## TRY IT
The records follow. Filter them to the lines that hold "from".

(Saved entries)
============================================================

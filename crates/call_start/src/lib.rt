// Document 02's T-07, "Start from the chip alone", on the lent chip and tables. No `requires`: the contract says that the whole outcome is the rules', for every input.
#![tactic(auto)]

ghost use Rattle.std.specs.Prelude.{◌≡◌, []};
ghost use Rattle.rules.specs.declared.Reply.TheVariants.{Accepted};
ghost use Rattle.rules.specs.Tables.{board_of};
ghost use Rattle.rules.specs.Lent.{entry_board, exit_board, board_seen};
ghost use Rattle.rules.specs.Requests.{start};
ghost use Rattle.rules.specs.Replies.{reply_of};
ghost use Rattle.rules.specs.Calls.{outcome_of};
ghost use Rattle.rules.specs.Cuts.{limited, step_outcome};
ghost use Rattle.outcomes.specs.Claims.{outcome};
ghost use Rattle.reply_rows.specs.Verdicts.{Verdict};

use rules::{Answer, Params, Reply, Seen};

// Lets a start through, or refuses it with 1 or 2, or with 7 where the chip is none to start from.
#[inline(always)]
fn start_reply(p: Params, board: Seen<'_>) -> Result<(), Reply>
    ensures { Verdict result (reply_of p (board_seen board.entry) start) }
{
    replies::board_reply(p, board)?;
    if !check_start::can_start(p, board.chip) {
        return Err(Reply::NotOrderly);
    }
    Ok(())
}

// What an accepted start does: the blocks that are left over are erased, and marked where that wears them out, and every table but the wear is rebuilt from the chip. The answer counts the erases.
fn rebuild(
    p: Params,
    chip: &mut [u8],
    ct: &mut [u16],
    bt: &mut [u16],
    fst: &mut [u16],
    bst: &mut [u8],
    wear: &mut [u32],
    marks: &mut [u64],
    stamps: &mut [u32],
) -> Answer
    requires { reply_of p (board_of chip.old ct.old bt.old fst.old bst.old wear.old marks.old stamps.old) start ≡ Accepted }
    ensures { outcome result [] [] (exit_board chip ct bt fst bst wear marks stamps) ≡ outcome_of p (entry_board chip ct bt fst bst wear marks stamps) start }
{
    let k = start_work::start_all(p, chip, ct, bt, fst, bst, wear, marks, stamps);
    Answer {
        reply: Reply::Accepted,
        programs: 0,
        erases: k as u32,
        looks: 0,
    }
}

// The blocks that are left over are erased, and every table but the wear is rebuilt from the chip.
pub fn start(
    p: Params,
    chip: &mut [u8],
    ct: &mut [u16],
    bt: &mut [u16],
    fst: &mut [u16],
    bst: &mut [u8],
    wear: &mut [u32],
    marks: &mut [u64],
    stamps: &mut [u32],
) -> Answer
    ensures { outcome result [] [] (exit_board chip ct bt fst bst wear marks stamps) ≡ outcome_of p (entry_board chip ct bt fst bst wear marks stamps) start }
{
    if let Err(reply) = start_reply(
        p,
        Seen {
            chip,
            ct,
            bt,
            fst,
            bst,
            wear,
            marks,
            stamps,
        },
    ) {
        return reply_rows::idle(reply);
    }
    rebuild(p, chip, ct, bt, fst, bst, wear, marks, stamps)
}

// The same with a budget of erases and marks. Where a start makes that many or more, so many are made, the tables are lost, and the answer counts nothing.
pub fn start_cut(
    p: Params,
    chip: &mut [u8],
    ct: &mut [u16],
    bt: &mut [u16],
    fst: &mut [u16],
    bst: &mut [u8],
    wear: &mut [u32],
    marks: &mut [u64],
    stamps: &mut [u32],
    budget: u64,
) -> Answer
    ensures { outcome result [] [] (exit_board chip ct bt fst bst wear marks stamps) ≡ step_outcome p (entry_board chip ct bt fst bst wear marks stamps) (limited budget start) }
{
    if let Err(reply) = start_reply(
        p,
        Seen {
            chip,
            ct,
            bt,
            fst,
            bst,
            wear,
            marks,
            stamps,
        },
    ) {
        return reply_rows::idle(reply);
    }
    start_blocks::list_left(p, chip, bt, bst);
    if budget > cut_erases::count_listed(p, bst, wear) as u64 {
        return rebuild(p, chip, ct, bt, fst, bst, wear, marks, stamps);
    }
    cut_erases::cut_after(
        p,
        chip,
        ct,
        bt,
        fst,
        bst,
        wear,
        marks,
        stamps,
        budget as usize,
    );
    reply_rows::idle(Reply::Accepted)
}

============================================================

## RESPONSE
// Document 02's T-07, "Start from the chip alone", on the lent chip and tables. No `requires`: the contract says that the whole outcome is the rules', for every input.
// Lets a start through, or refuses it with 1 or 2, or with 7 where the chip is none to start from.
// What an accepted start does: the blocks that are left over are erased, and marked where that wears them out, and every table but the wear is rebuilt from the chip. The answer counts the erases.
// The blocks that are left over are erased, and every table but the wear is rebuilt from the chip.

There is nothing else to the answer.